Penggunaan pestisida di
dalam budidaya sayuran, khususnya komoditas bernilai ekonomis tinggi sangat
intensif, dan diberikan dalam takaran tinggi dengan tujuan untuk menjamin
keberhasilan produk sayuran tersebut. Hasil penelitian menunjukkan, 30-50% dari
total biaya produksi hortikultura digunakan untuk pestisida (Badan Penelitian
dan Pengembangan Pertanian, 1992). . Penggunaan pestisida yang intensif dapat
meninggalkan residu di dalam tanah dan tanaman, bahkan dapat masuk ke dalam
tubuh hewan, jika residu tersebut masuk hingga ke lingkungan air atau airtanah
ikan atau biota air lainnya. Pestisida dengan paruh waktu (half life time)
degradasi yang lama dapat membahayakan kesehatan manusia dan mahluk hidup yang
mengkonsumsi produk yang mengandung residu pestisida tersebut.
Sifat penting yang
dimiliki pestisida adalah daya racun atau toksisitas.
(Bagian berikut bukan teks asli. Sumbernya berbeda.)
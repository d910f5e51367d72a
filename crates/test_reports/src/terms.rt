// Reports as terms of Erlang, byte for byte.
use crate::excused::{RACE, excusing_both, joined, of_race};
use crate::explained::{NO_TABLE, WAITS, note, of_no_table, of_waits};
use crate::terms_sample::{ALONE_TOLD, BOOM_TOLD, BOTH_TOLD, GONE_TOLD, LATE_TOLD};
use crate::transcript::pid;
use core_reader::read_module;
use core_tree::CallKind;
use report_explained::ExplainFault;
use report_terms::write_terms_report;
use report_text::Visited;
use std::alloc::{AllocError, Global};
use std::sync::Arc;
use std::test::Fail;
use term_core::{Pid, Term, Terms, read_schedule};
use test_support::{MemorySink, holds, same};
use tree_excuses::Excuses;
use tree_findings::{Cause, Extent, Findings, Outcome};
use tree_schedules::Delivery;
use world_identities::Identity;
use world_model::rule::Rule;

const WAITS_TOLD: &str =
    "{explored,9,any_time,{nodes,6,0}}.\n{error,1,{deadlock,[\"P\",\"P.1\"]},\"P P P P P\"}.\n{event,1,\"P\",{answers,{call,\"erlang\",\"spawn\",[\"'m'\",\"'c'\",\"[]\"]},\"P.1\"}}.\n{event,2,\"P\",{answers,{call,\"erlang\",\"!\",[\"P\",\"'a'\"]},\"'a'\"}}.\n{event,3,\"P\",{answers,{call,\"erlang\",\"!\",[\"P\",\"'z'\"]},\"'z'\"}}.\n{event,4,\"P\",{answers,{call,\"erlang\",\"!\",[\"P\",\"{'b',1}\"]},\"{'b',1}\"}}.\n{event,5,\"P\",{receives,\"'z'\"}}.\n{waits,\"P\",[\"'a'\",\"{'b',1}\"]}.\n{waits,\"P.1\",[]}.\n{counts,1,0,0}.\n{result,errors,all}.\n";

// A process ends, and by its link the other one.
const LINKED: &str =
    "module 'm' ['main'/0,'c'/0] attributes [] 'main'/0 = fun () -> do call 'erlang':'spawn_link'('m','c',[]) receive <X> when 'true' -> X after 'infinity' -> 'x' 'c'/0 = fun () -> call 'erlang':'exit'('x') end";
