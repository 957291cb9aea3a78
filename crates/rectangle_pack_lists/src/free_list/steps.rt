//! The steps in a list with an index, in five bytes each, or in nine where the list may grow past 2^32
//! places.
ghost use Rattle.std.specs.Prelude.{◌≡◌, ◌≤◌, ◌<◌, ◌+◌, ◌^◌, ◌++◌, ◌∷◌, [], length, MatchOption, OnOk};

use crate::gap_list::GapList;
use std::alloc::{AllocError, Allocator};
use std::marker::Model;

// Up to how many places of a list are noted in 32 bits.
const NEAR: usize = 1 << 32;

/// The places of gaps, in the order in which steps left them.
#[derive(Drop)]
pub(crate) struct GapPlaces<A: Allocator> {
    // As long as the list has few places.
    near: Vec<u32, A>,
    // Those after them. Once there is room for one, no further one goes into `near`.
    far: Vec<usize, A>,
}

impl<A: Allocator> Model for GapPlaces<A> {
    ghost use Rattle.std.specs.Prelude.{◌-◌, ◌^◌, ◌++◌, ◌==◌, length, if◌then◌else◌};
    ghost use Rattle.std.specs.Vec.{vec_capacity};
    ghost use Rattle.rectangle_pack_lists.specs.private.Notes.{NotedPlaces};

    ghost Value = { NotedPlaces };

    ghost view = { λ p.
        record {
          all = p.near.items ++ p.far.items;
          room = if vec_capacity p.far == 0 then vec_capacity p.near - length p.near.items
              else vec_capacity p.far - length p.far.items;
          reach = if vec_capacity p.far == 0 then 2 ^ 32 else 2 ^ 64;
        } };
}

impl<A: Allocator + Copy> GapPlaces<A> {
    // None yet. Takes no memory.
    fn new(alloc: A) -> Self
        ensures { result.all ≡ [] }
    {
        GapPlaces {
            near: Vec::new(alloc),
            far: Vec::new(alloc),
        }
    }

    // Makes room for `steps` more, after which the list has `places` places at most. Fails only when
    // memory is refused.
    fn reserve(&mut self, steps: usize, places: usize) -> Result<(), AllocError>
        ensures room { OnOk result (steps ≤ self.new.room) }
        ensures reach { 0 < steps → OnOk result (places ≤ self.new.reach) }
        ensures all { self.new.all ≡ self.old.all }
    {
        if places <= NEAR && self.far.capacity() == 0 {
            self.near.reserve(steps)
        } else {
            self.far.reserve(steps)
        }
    }

    // Notes one more, where there is room.
    fn push_reserved(&mut self, place: usize)
        requires room { 0 < self.old.room }
        requires reach { place < self.old.reach }
        ensures all { self.new.all ≡ self.old.all ++ place ∷ [] }
        ensures room { self.old.room ≤ self.new.room + 1 }
        ensures reach { self.new.reach ≡ self.old.reach }
    {
        if self.far.capacity() == 0 {
            self.near.push_reserved(place as u32);
        } else {
            self.far.push_reserved(place);
        }
    }

    // Takes the last one off.
    fn pop(&mut self) -> Option<usize>
        ensures { MatchOption result ((self.old.all ≡ []) × (self.new.all ≡ []))
            (λ place. self.old.all ≡ self.new.all ++ place ∷ []) }
    {
        match self.far.pop() {
            Some(place) => Some(place),
            None => self.near.pop().map(|place| place as usize),
        }
    }
}

/// At which place each step left a gap, and how many pieces it pushed. The section that it took out
/// still stands there.
#[derive(Drop)]
pub(crate) struct Steps<A: Allocator> {
    places: GapPlaces<A>,
    pushed: Vec<u8, A>,
}

impl<A: Allocator> Model for Steps<A> {
    ghost use Rattle.std.specs.Prelude.{◌≡◌, ◌-◌, length, min, zip};
    ghost use Rattle.std.specs.Vec.{vec_capacity};
    ghost use Rattle.rectangle_pack_lists.specs.private.Notes.{GapSteps};

    ghost Value = { GapSteps };

    ghost view = { λ s.
        record {
          all = zip s.places.all s.pushed.items;
          room = min s.places.room (vec_capacity s.pushed - length s.pushed.items);
          reach = s.places.reach;
        } };

    ghost invariant = { λ s. length s.pushed.items ≡ length s.places.all };
}

impl<A: Allocator + Copy> Steps<A> {
    // None yet. Takes no memory.
    pub(crate) fn new(alloc: A) -> Self
        ensures { result.all ≡ [] }
    {
        Steps {
            places: GapPlaces::new(alloc),
            pushed: Vec::new(alloc),
        }
    }

    // How many there are.
    pub(crate) fn len(&self) -> usize
        ensures counted { result ≡ length self.now.all }
        ensures small { result < 2 ^ 63 }
    {
        self.pushed.len()
    }

    // Makes room for `steps` more, after which the list has `places` places at most. Fails only when
    // memory is refused.
    pub(crate) fn reserve(&mut self, steps: usize, places: usize) -> Result<(), AllocError>
        ensures room { OnOk result (steps ≤ self.new.room) }
        ensures reach { 0 < steps → OnOk result (places ≤ self.new.reach) }
        ensures all { self.new.all ≡ self.old.all }
    {
        self.places.reserve(steps, places)?;
        self.pushed.reserve(steps)
    }

    // Notes one more, where there is room.
    pub(crate) fn push_reserved(&mut self, place: usize, pushed: u8)
        requires room { 0 < self.old.room }
        requires reach { place < self.old.reach }
        ensures all { self.new.all ≡ self.old.all ++ (place, pushed) ∷ [] }
        ensures room { self.old.room ≤ self.new.room + 1 }
        ensures reach { self.new.reach ≡ self.old.reach }
    {
        self.places.push_reserved(place);
        self.pushed.push_reserved(pushed);
    }

    // Takes the last one off.
    pub(crate) fn pop(&mut self) -> Option<(usize, u8)>
        ensures { MatchOption result ((self.old.all ≡ []) × (self.new.all ≡ []))
            (λ step. self.old.all ≡ self.new.all ++ step ∷ []) }
    {
        self.places.pop().zip(self.pushed.pop())
    }
}

/// A list with an index, and the steps that were made since it was set.
#[derive(Drop)]
pub(crate) struct Indexed<A: Allocator + Copy> {
    pub(crate) list: GapList<A>,
    pub(crate) steps: Steps<A>,
}

impl<A: Allocator + Copy> Indexed<A> {
    // No section yet, and no step. Takes no memory.
    pub(crate) fn new(alloc: A) -> Self
        ensures { result.steps.all ≡ [] }
    {
        Indexed {
            list: GapList::new(alloc),
            steps: Steps::new(alloc),
        }
    }
}
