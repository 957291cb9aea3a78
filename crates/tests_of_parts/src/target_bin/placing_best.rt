//! Boxes where they fit best, in one bin.

use super::Call::PlaceBest;
use super::{Script, runs};

fn scripts() -> &'static [Script] {
    const SCRIPTS: &[Script] = &[
        // The first box leaves nothing of the second section, and 6 of the third. The next one is
        // too high for each. The last one fills what the first left.
        script!("the best is older than others";
            Pushed [21, 10, 1]
                => &[[20, 0, 0, 1, 10, 1], [0, 0, 0, 6, 10, 1], [6, 0, 0, 14, 10, 1]];
            PlaceBest([6, 4, 1], Some([0, 0, 0, 6, 4, 1]))
                => &[[20, 0, 0, 1, 10, 1], [6, 0, 0, 14, 10, 1], [0, 4, 0, 6, 6, 1]],
            PlaceBest([1, 11, 1], None)
                => &[[20, 0, 0, 1, 10, 1], [6, 0, 0, 14, 10, 1], [0, 4, 0, 6, 6, 1]],
            PlaceBest([6, 6, 1], Some([0, 4, 0, 6, 6, 1]))
                => &[[20, 0, 0, 1, 10, 1], [6, 0, 0, 14, 10, 1]]),
        // The box leaves 2 of the second and of the third.
        script!("of equal ones the newest";
            Pushed [14, 10, 1] => &[[13, 0, 0, 1, 10, 1], [0, 0, 0, 6, 10, 1], [7, 0, 0, 6, 10, 1]];
            PlaceBest([4, 8, 1], Some([7, 0, 0, 4, 8, 1]))
                => &[[13, 0, 0, 1, 10, 1], [0, 0, 0, 6, 10, 1], [11, 0, 0, 2, 10, 1],
                     [7, 8, 0, 4, 2, 1]]),
    ];
    SCRIPTS
}

// Each request for memory is refused in turn, and some where a box is placed.
#[test]
fn boxes_where_they_fit_best(rt: HostRuntime) {
    let alloc = rt.alloc();
    for script in scripts() {
        assert!(rt; runs(&rt, alloc, script), "{}", script.subject);
    }
}
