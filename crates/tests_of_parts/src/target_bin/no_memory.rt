//! Calls of a bin that take no memory, while every request is refused.

use super::Call::{Place, Push, Remove};
use super::Pushed::{Accepted, OutOfBounds, Overlaps};
use super::{Script, runs};

const TILE: [u32; 6] = [0, 0, 0, 4, 4, 1];

// The readers of a bin, a trial without members, pushes that are refused before they ask for
// memory, and a removal, after which there is room.
const SCRIPT: Script = script!("a bin"; New [4, 4, 1] => &[TILE];
    Place(&[], tried!(Some(&[]), 0 of 0)) => &[TILE], Push([4, 0, 0, 1, 1, 1], OutOfBounds) => &[TILE],
    Push(TILE, Overlaps(TILE)) => &[TILE], Remove(0) => &[], Push(TILE, Accepted) => &[TILE]);

#[test]
fn calls_of_a_bin(rt: HostRuntime) {
    assert!(rt; !runs(&rt, rt.alloc(), &SCRIPT));
}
Meski bahan kimia
tersebut hanya dimaksudkan untuk mematikan suatu jenis hama tertentu tetapi
pada hakekatnya bersifat racun untuk semua mahluk hidup. Hampir semua jenis
pestisida tidak bersifat selektif dan mempunyai spektrum yang luas sebagai
racun.
Percuma
jika kita memiliki hasil panen yag berlimpah jika aktifitas pertanian tersebut
menurunkan kualitas air di daerah tersebut. Oleh karena itu perkembangan suatu
wilayah juga perlu diperhatikan keberlanjutan system pertaniannya dengan
meminimalisir efek pertanian terhadap kualita airtanah maupun air permukaan.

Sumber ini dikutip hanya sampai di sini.